Colchicum pusillum Extract Induced Apoptosis in Colo-741 Metastatic Colon Cancer Cells via Extrinsic Pathway ^†

Abstract

Colchicum pusillum Sieber is a plant from Colchicaceae family that particularly rich in tropolonic alkaloids, colchicine. The aim of the study is to determine the apoptosis induction effect of Colchicum pusillum extract in Colo-741, metastatic colon cancer cells and if so, to determine by which apoptotic pathway. Colchicum pusillum was collected and extracted with ethanol. Apoptotic activities of Colchicum pusillum were investigated by immunocytochemistry using antibodies directed against to caspase-3, cytochrome-c and FasLigand (FasL) in Colo-741 cells. Immunocytochemical staining results stated that Colchicum pusillum extract at 20 µg/mL dose, increased caspase-3 and FasL activity significantly but was not able to activate cytochrome-c activity. The results suggested that Colchicum pusillum extract induced apoptosis in metastatic colon cancer cells via extrinsic apoptotic pathway.

1. Introduction

Colchicum species, part of Colchicaceae family, are flowering plants known to exert medicical properties. There are more than Colchicum 100 species, three of them are being endemic to Cyprus.

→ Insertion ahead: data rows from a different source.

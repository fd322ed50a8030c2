ghost use Rattle.std.specs.Prelude.{◌≡◌, ◌≤◌, ◌+◌, [], ◌++◌, length, decimal};
ghost use Rattle.data_format.specs.Addresses.{address_of};
ghost use Rattle.wire_spec.specs.Texts.{address_text, hex};
ghost use Rattle.text_lines.specs.Bytes.{hex_or_dash, mac_text};
ghost use Rattle.text_lines.specs.Pages.{Prints, Flushes};

use crate::Piece;
use crate::address::{dotted, grouped};
use crate::hex::{colons, eight_pairs, pair};
use crate::piece::kind_name;
use byte_ends::{Failed, Sink, write_all};
use data_format::{Address, Mac};
use itoa::Buffer;
use std::marker::Model;

const ROOM: usize = 16_384;

/// Text that is gathered and not yet written, up to 16,384 bytes, so that a line isn't many small
/// writes. A contract sees the bytes that it holds.
#[derive(Debug, Drop)]
pub struct Page {
    room: [u8; ROOM],
    len: usize,
}

impl Model for Page {
    ghost use Rattle.std.specs.Prelude.{◌≤◌, ℕ, List, take};

    ghost Value = { List ℕ };

    ghost view = { λ p. take p.len p.room };

    ghost invariant = { λ p. p.len ≤ 16384 };
}

impl Page {
    /// An empty page.
    pub fn new() -> Page
        ensures { result ≡ [] }
    {
        Page {
            room: [0; ROOM],
            len: 0,
        }
    }

    /// Writes what the page holds, and empties it.
    /// `Failed` is the sink's own; then the sink has taken a prefix of it, the call that failed was the last, and the
    /// page is as before.
    pub fn flush<K: Sink>(&mut self, sink: &mut K) -> Result<(), Failed>
        ensures { Flushes (K.seen sink.old) (K.seen sink.new) self.old self.new result }
    {
        write_all(sink, &self.room[..self.len])?;
        self.len = 0;
        Ok(())
    }

    // Gathers bytes for which there is room.
    fn gather(&mut self, bytes: &[u8])
        requires { length self.old + length bytes.now ≤ 16384 }
        ensures { self.new ≡ self.old ++ bytes.now }
    {
        let end = self.len + bytes.len();
        self.room[self.len..end].copy_from_slice(bytes);
        self.len = end;
    }

    /// Gathers bytes. Where they don't fit beside what the page holds, that is written first, and then so are they if
    /// they fill more than a page. `Failed` is the sink's own.
    pub fn put<K: Sink>(&mut self, sink: &mut K, bytes: &[u8]) -> Result<(), Failed>
        ensures { Prints (K.seen sink.old) (K.seen sink.new) self.old self.new result bytes.now }
    {
        if bytes.len() > ROOM - self.len {
            self.flush(sink)?;
            if bytes.len() > ROOM {
                return write_all(sink, bytes);
            }
        }
        self.gather(bytes);
        Ok(())
    }

    fn put_number<K: Sink>(&mut self, sink: &mut K, number: u128) -> Result<(), Failed>
        ensures { Prints (K.seen sink.old) (K.seen sink.new) self.old self.new result
            (decimal number) }
    {
        let mut digits = Buffer::new();
        self.put(sink, digits.format(number).as_bytes())
    }

    fn put_address<K: Sink>(&mut self, sink: &mut K, address: &Address) -> Result<(), Failed>
        ensures { Prints (K.seen sink.old) (K.seen sink.new) self.old self.new result
            (address_text (address_of address.now)) }
    {
        match address {
            Address::Unknown => self.put(sink, b"unknown"),
            Address::V4(bytes) => self.put(sink, dotted(bytes).as_str().as_bytes()),
            Address::V6(bytes) => self.put(sink, &grouped(bytes)),
        }
    }

    fn put_hex<K: Sink>(&mut self, sink: &mut K, bytes: &[u8]) -> Result<(), Failed>
        ensures { Prints (K.seen sink.old) (K.seen sink.new) self.old self.new result
            (hex_or_dash bytes.now) }
    {
        if bytes.is_empty() {
            return self.put(sink, b"-");
        }
        self.put_pairs(sink, bytes)
    }

    // Eight bytes at a time: a byte alone costs as much as eight.
    fn put_pairs<K: Sink>(&mut self, sink: &mut K, bytes: &[u8]) -> Result<(), Failed>
        ensures { Prints (K.seen sink.old) (K.seen sink.new) self.old self.new result
            (hex bytes.now) }
    {
        let mut rest = bytes;
        while let [a, b, c, d, e, f, g, h, ..] = rest {
            self.put(sink, &eight_pairs([*a, *b, *c, *d, *e, *f, *g, *h]))?;
            rest = &rest[8..];
        }
        self.put_few_pairs(sink, rest)
    }

    fn put_few_pairs<K: Sink>(&mut self, sink: &mut K, bytes: &[u8]) -> Result<(), Failed>
        ensures { Prints (K.seen sink.old) (K.seen sink.new) self.old self.new result
            (hex bytes.now) }
    {
        for byte in bytes {
            self.put(sink, &pair(*byte))?;
        }
        Ok(())
    }

    fn put_mac<K: Sink>(&mut self, sink: &mut K, mac: &Mac) -> Result<(), Failed>
        ensures { Prints (K.seen sink.old) (K.seen sink.new) self.old self.new result
            (mac_text mac.now.0) }
    {
        self.put(sink, &colons(mac))
    }
}

impl Page {
    ghost use Rattle.text_lines.specs.Pieces.{piece_text, pieces_text};

    fn put_piece<K: Sink>(&mut self, sink: &mut K, piece: &Piece<'_>) -> Result<(), Failed>
        ensures { Prints (K.seen sink.old) (K.seen sink.new) self.old self.new result
            (piece_text piece.now) }
    {
        match piece {
            Piece::Text(text) => self.put(sink, text.as_bytes()),
            Piece::Number(number) => self.put_number(sink, *number),
            Piece::Address(address) => self.put_address(sink, address),
            Piece::Hex(bytes) => self.put_hex(sink, bytes),
            Piece::Mac(mac) => self.put_mac(sink, mac),
            Piece::Kind(kind) => self.put(sink, kind_name(kind).as_bytes()),
        }
    }

    /// Appends the pieces, one after the other, to the text that the sink took and the page holds. What
    /// the page has no room for goes on to the sink; a line feed is part of a piece.
    /// `Failed` is the sink's own; then the sink has taken a prefix of that text, and what the page holds
    /// is left open.
    pub fn put_line<K: Sink>(&mut self, sink: &mut K, pieces: &[Piece<'_>]) -> Result<(), Failed>
        ensures { Prints (K.seen sink.old) (K.seen sink.new) self.old self.new result
            (pieces_text pieces.now) }
    {
        for piece in pieces {
            self.put_piece(sink, piece)?;
        }
        Ok(())
    }
}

These are; Colchicum troodi Kotschy, Colchicum stevenii Kunth and Colchicum pusillum Sieber, respectively. Colchicum pusillum is being more widespread in North Cyprus [1]. Colchicum species contains alkaloids and mainly colchicine. Colchicine has been found to possess antitumoral and antiphlogistic properties. To this day, colchicine is still used in treatment of gout and many other diseases [2]. Colorectal cancer is the third most common cancer in the world and the fourth cancer with the highest mortality incidence [3]. Colon cancer is a disease caused by the formation of malignant cells in colon tissue [4]. The aim of the study is to determine the apoptosis induction effect of Colchicum pusillum Sieber extract in Colo-741, metastatic colon cancer cells and if so, to determine by which apoptotic pathway.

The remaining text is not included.